Aligning recovery and sustainable growth – Isabel Fernandez, head of Wholesale Banking
“Clean energy and smart infrastructure are at the heart of a climate-neutral, post-corona economy. As a bank, we have a big role to play in speeding up sustainable growth: we’ve set apart funding for Covid-19 facilities for clients who need our help the most and we’re actively helping clients transition to more sustainable business models. Our Terra approach, for example, looks at the technology shift that’s needed across sectors to slow global warming and then measures this against the actual technology clients are using or plan on using in the future.
“Also, while refurbishing buildings will improve energy efficiency and create new jobs, we have to look at generating direct savings on energy bills, which is what homeowners need now more than ever. Instead of focusing on energy labels only, we need to look at household appliances and people’s behaviour as catalysts for change. We have to change the way we heat because in the end, it’s energy use that causes carbon emissions.”
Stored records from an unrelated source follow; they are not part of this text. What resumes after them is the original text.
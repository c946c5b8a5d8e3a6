// Lines.
ghost use Rattle.std.specs.Prelude.{◌≡◌, ◌≤◌, ℕ, List, length};
ghost use Rattle.event_model.specs.Presence.{Said};
ghost use Rattle.event_reader.specs.EventLines.{Hears};
ghost use Rattle.event_reader.specs.Machine.{heard};
ghost use Rattle.event_reader.specs.Reads.{Heard, LineRead};

use crate::events::event_at;
use crate::faults::LineFault;
use crate::parts::Part;
use crate::peeking::{blanks_end, part_at};
use crate::times::advance_at;
use crate::words::word_at;
use event_model::{Input, MOST_LINE_BYTES};
use std::alloc::Global;

// The input of a line of any length.
fn line_input(alloc: Global, line: &[u8]) -> Result<Input, LineFault>
    ensures { LineRead line.now result }
{
    let start = blanks_end(line, 0);
    match part_at(line, start) {
        None => Ok(Input::Nothing),
        Some(Part::Hash) => Ok(Input::Nothing),
        Some(Part::Plus) => Ok(Input::Add(event_at(alloc, line, start + 1)?)),
        Some(Part::Minus) => Ok(Input::Take(event_at(alloc, line, start + 1)?)),
        Some(Part::Bang) => Ok(Input::Advance(advance_at(line, start + 1)?)),
        Some(Part::Other) => word_at(line, start),
        Some(_) => Err(LineFault::Syntax(start)),
    }
}

/// Reads a line, which comes without its line feed: the input that it says, or the place from which on no line goes so. Where its first
/// time is greater than the second, the fault is at the second.
pub fn parse_line(alloc: Global, line: &[u8]) -> Result<Input, LineFault>
    requires { length line.now ≤ MOST_LINE_BYTES }
    ensures { Heard line.now result }
{
    line_input(alloc, line)
}

/// Each line says exactly what is heard of it: so no line says two things, and no bad line has two places.
pub fn lines_are_heard_exactly()
    ensures heard { (line : List ℕ) → Hears line (heard line) }
    ensures one { (line : List ℕ) (x y : Said) → Hears line x → Hears line y → x ≡ y }
{}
Data & internet – Roel Louwhoff, chief operations officer
“With so many countries in lockdown over the past months, ING became a virtual bank more than ever before – for customers, clients and employees. And with the continuing drive for digitalisation, this is only going to increase. This makes data and the internet the infrastructure for any sustainable growth plan. If we want to come out of the crisis stronger, we need to be masters of data. Its quality needs to be high, it needs to be accessible, and there need to be consistent standards and technology for exchanging data across the bank. Data can make us a smarter bank and bring tremendous opportunities to make banking safer, more personal and easier for our customers.
“It’s also absolutely vital to guarantee continuity and capacity of our operations and systems support. Looking outward, working from home is expected to become more prevalent post-corona now that it has proven to be so effective. That makes things like broadband coverage key to a sustainable recovery.”
Reflect, rethink and reset – Steven van Rijswijk, chief executive officer
“It felt for most of us as though the world changed from one day to the next. At ING, our focus has been on protecting our employees’ health and wellbeing and supporting our customers and communities through the crisis. At the same time, the challenges society was facing before Covid-19 never disappeared. Climate change. Financial distress. Plus, digitalisation is progressing faster than ever.
“This is a unique opportunity to define new ways of doing business and developing the economy. We can maintain many of the recent improvements in cleaner air, returning nature and reduced greenhouse gas emissions, while simultaneously creating jobs and supporting people’s livelihoods. We believe that the relief efforts focused on today have to coincide with recovery efforts that are focused on tomorrow.”